A stent of this diameter would generally be suitable for delivery
using a 7 French catheter. Another embodiment of stent 10 would
include an outer diameter of approximately 9 mm to approximately 12
mm and would be suitable for delivery in an 8 French catheter. The
primary difference between the two embodiments may be the length of
the primary strut member.
[0032] The stent 10 of the present invention may be coated with a
hyper-elastic material, preferably a biocompatible polyurethane.
One example of a biocompatible polyurethane is THORALON (THORATEC,
Pleasanton, Calif.). As described in U.S. Pat. Application
Publication No. 2002/0065552A1 and U.S. Pat. No. 4,675,361, both of
which are incorporated herein by reference. THORALON is a
polyurethane base polymer (referred to as BPS-215) blended with a
siloxane containing surface modifying additive (referred to as
SMA-300). The concentration of the surface modifying additive may
be in the range of 0.5% to 5% by weight of the base polymer.
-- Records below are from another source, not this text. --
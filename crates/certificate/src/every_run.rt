// The tests of the every-run form. The form is asked for by a clause: as a type of its own it would be taken apart again by
// what both forms call.
//
// Here and in the other form the loop over lines stands in each search, and is not one function: the project asks for nested
// loops that are left by a label.
ghost use Rattle.std.specs.Prelude.{◌≡◌};
ghost use Rattle.std.specs.List.{flat_map};
ghost use Rattle.layout.specs.declared.form.Form.TheVariants.{EveryRun};
ghost use Rattle.dossier.specs.Admission as admission;
ghost use Rattle.dossier.specs.Rows.{each};
ghost use Rattle.certificate.specs.Outcomes.{passed, move_fault};

use crate::kind::RankKind;
use crate::ranked::Ranked;
use crate::table::Table;
use crate::view::View;
use dossier::fault::AdmitFault;
use sources::source::Source;

impl<'a, S: Source> View<'a, S> {
    // Whether every start line holds.
    pub(crate) fn start_lines(
        &self,
        assumed: &mut Table,
        conclusions: &mut Table,
    ) -> Result<(), AdmitFault>
        requires { self.now.head.form ≡ EveryRun }
        ensures { result ≡ passed (admission.start_trials (S.cells self.now.source.now)) }
    {
        self.start_hypotheses(assumed);
        let hypotheses = assumed.as_slice();
        conclusions.clear();
        self.push_start_point(conclusions);
        for (line, conclusion) in conclusions.as_slice().iter().enumerate() {
            let at = self.start_line_at(line);
            if !self.judge(at, hypotheses, conclusion) {
                return Err(AdmitFault::StartLine { line });
            }
        }
        Ok(())
    }
}

impl<'a, S: Source, K: RankKind> Ranked<'a, S, K> {
    // The first line of a move that does not hold: the numbers of the move and of the line.
    pub(crate) fn failing_line(
        &self,
        assumed: &mut Table,
        conclusions: &mut Table,
    ) -> Option<(usize, usize)>
        requires { self.now.view.head.form ≡ EveryRun }
        ensures { move_fault result ≡ admission.first_failure (flat_map (admission.trials_of_move (S.cells self.now.view.source.now) K.kind) (each (admission.moves (S.cells self.now.view.source.now)) (λ m. m))) }
    {
        let edges = self.view.head.edges as usize;
        let mut failing = None;
        'search: for index in 0..self.view.moves() {
            self.view
                .move_hypotheses_of(index / edges, index % edges, assumed);
            let hypotheses = assumed.as_slice();
            self.move_claims(index, hypotheses, conclusions);
            for (line, conclusion) in conclusions.as_slice().iter().enumerate() {
                let at = self.view.move_line_at(index, line);
                if !self.view.judge(at, hypotheses, conclusion) {
                    failing = Some((index, line));
                    break 'search;
                }
            }
        }
        failing
    }
}
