// The tests of each form of a certificate.
ghost use Rattle.std.specs.Prelude.{◌≡◌, ℕ, true, [], ◌∷◌, List, ℤ, Result, is_ok};
ghost use Rattle.layout.specs.Forms.{form_number};
ghost use Rattle.layout.specs.Heads.{counts_of};
ghost use Rattle.dossier.specs.Admission as admission;
ghost use Rattle.dossier.specs.Kinds.{Kind};
ghost use Rattle.dossier.specs.Runs.{Endless, followed, EveryRunLaw, WatchFollows, SomeRunLaw};
ghost use Rattle.dossier.specs.declared.fault.AdmitFault.{AdmitFault as Fault};
ghost use Rattle.certificate.specs.Outcomes.{passed};

use crate::admitted::{EveryRun, SomeRun};
use crate::kind::RankKind;
use crate::ranked::Ranked;
use crate::table::Table;
use crate::view::View;
use dossier::fault::AdmitFault;
use layout::form::Form;
use sources::source::Source;

// A form means the outcome of its tests, and what a dossier that passes them promises of its runs.
pub trait FormTests {
    ghost outcome: { Kind → List ℤ → Result ℕ Fault };

    ghost Promise: { List ℤ → Type 0 };

    // The tests of the form in order: the number of proof lines, or the first test that fails.
    fn judge<S: Source, K: RankKind>(source: &S, kind: &K) -> Result<usize, AdmitFault>
        ensures outcome { result ≡ outcome K.RankKind.kind (S.Source.cells source.now) }
        ensures promised { is_ok result ≡ true → Promise (S.Source.cells source.now) };
}

impl<'a, S: Source> View<'a, S> {
    // Whether form and count of rank numbers are those called for.
    fn called_for(&self, form: Form, numbers: usize) -> Result<(), AdmitFault>
        ensures outcome { result ≡ passed (admission.called_by (counts_of self.now.head) (form_number form) numbers ∷ []) }
        ensures form { is_ok result ≡ true → self.now.head.form ≡ form }
        ensures ranks { is_ok result ≡ true → self.now.head.rank_numbers ≡ numbers }
    {
        let ranks = self.head.rank_numbers as usize;
        if self.head.form == form && ranks == numbers {
            Ok(())
        } else {
            Err(AdmitFault::Other {
                form: u16::from(self.head.form) as usize,
                numbers: ranks,
            })
        }
    }
}

// The tests of the every-run form in order: the number of proof lines, or the first test that fails.
fn judge_every_run<S: Source, K: RankKind>(source: &S, kind: &K) -> Result<usize, AdmitFault>
    ensures { result ≡ admission.admit_every_run K.kind (S.cells source.now) }
{
    let view = View::of(source);
    view.called_for(Form::EveryRun, kind.numbers())?;
    view.watch_complete()?;
    let mut assumed = Table::new();
    let mut conclusions = Table::new();
    view.start_lines(&mut assumed, &mut conclusions)?;
    let lines = view.rows_of_point() + view.moves() * view.conclusions_of();
    let ranked = Ranked { view, kind };
    match ranked.failing_line(&mut assumed, &mut conclusions) {
        Some((number, line)) => Err(AdmitFault::MoveLine { number, line }),
        None => Ok(lines),
    }
}

// The tests of the some-run form in order: the number of proof lines, or the first test that fails.
fn judge_some_run<S: Source, K: RankKind>(source: &S, kind: &K) -> Result<usize, AdmitFault>
    ensures { result ≡ admission.admit_some_run K.kind (S.cells source.now) }
{
    let view = View::of(source);
    view.called_for(Form::SomeRun, kind.numbers())?;
    let mut assumed = Table::new();
    let mut conclusions = Table::new();
    view.shown_hold(&mut assumed)?;
    let lines = view.points() * view.point_conclusions();
    let ranked = Ranked { view, kind };
    ranked.choices_hold(&mut assumed, &mut conclusions)?;
    Ok(lines)
}

impl FormTests for EveryRun {
    ghost outcome = { admission.admit_every_run };

    ghost Promise = { λ cells. EveryRunLaw cells × WatchFollows cells };

    fn judge<S: Source, K: RankKind>(source: &S, kind: &K) -> Result<usize, AdmitFault> {
        judge_every_run(source, kind)
    }
}

impl FormTests for SomeRun {
    ghost outcome = { admission.admit_some_run };

    ghost Promise = { λ cells. SomeRunLaw cells × Endless cells (followed cells) };

    fn judge<S: Source, K: RankKind>(source: &S, kind: &K) -> Result<usize, AdmitFault> {
        judge_some_run(source, kind)
    }
}
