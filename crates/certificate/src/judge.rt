// The judgement of a proof line in a dossier's cells.
ghost use Rattle.std.specs.Prelude.{◌≡◌, ◌^◌, ◌<◌, ◌≤◌, length};
ghost use Rattle.dossier.specs.Admission as admission;
ghost use Rattle.dossier.specs.Ranges.{Line};
ghost use Rattle.certificate.specs.Arrays.{row_of, rows_of, RowWithin, RowsWithin, wide};

use crate::line::line_holds;
use crate::rows::Row;
use crate::view::View;
use arrayvec::ArrayVec;
use sources::source::Source;

impl<'a, S: Source> View<'a, S> {
    // Whether the line holds whose divisor stands at an index, with its multipliers behind.
    pub(crate) fn judge(&self, at: usize, hypotheses: &[Row], conclusion: &Row) -> bool
        requires inside { at < 2 ^ 32 }
        requires few { length hypotheses.now ≤ 18 }
        requires line { Line (S.cells self.now.source.now) at (length hypotheses.now) }
        requires assumed { RowsWithin wide (rows_of hypotheses.now) }
        requires shown { RowWithin wide (row_of conclusion.now) }
        ensures { result ≡ admission.line_at (S.cells self.now.source.now) at (length hypotheses.now) (rows_of hypotheses.now) (row_of conclusion.now) }
    {
        let divisor = self.cell(at) as i64;
        let mut multipliers: ArrayVec<i64, 18> = ArrayVec::new();
        for k in 0..hypotheses.len() {
            multipliers.push(self.cell(at + 1 + k) as i64);
        }
        line_holds(
            self.head.variables as usize,
            divisor,
            multipliers.as_slice(),
            hypotheses,
            conclusion,
        )
    }
}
[0033] The SMA-300 component (THORATEC) is a polyurethane
comprising polydimethylsiloxane as a soft segment and the reaction
product of diphenylmethane diisocyanate (MDI) and 1,4-butanediol as
a hard segment. A process for synthesizing SMA-300 is described,
for example, in U.S. Pat. Nos. 4,861,830 and 4,675,361, which are
incorporated herein by reference.
[0034] The BPS-215 component (THORATEC) is a segmented
polyetherurethane urea containing a soft segment and a hard
segment. The soft segment is made of polytetramethylene oxide
(PTMO), and the hard segment is made from the reaction of
4,4'-diphenylmethane diisocyanate (MOI) and ethylene diamine
(ED).
[0035] THORALON can be manipulated to provide either porous or
non-porous THORALON. Porous THORALON can be formed by mixing the
polyetherurethane urea (BPS-215), the surface modifying additive
(SMA-300) and a particulate substance in a solvent. The particulate
may be any of a variety of different particulates or pore forming
agents, including inorganic salts. Preferably the particulate is
insoluble in the solvent. The solvent may include dimethyl
formamide (OMF), tetrahydrofuran (THF), dimethyacetamide (OMAC),
dimethyl sulfoxide (OMSO), or mixtures thereof. The composition can
contain from about 5 wt % to about 40 wt % polymer, and different
levels of polymer within the range can be used to fine tune the
viscosity needed for a given process. The composition can contain
less than 5 wt % polymer for some spray application embodiments.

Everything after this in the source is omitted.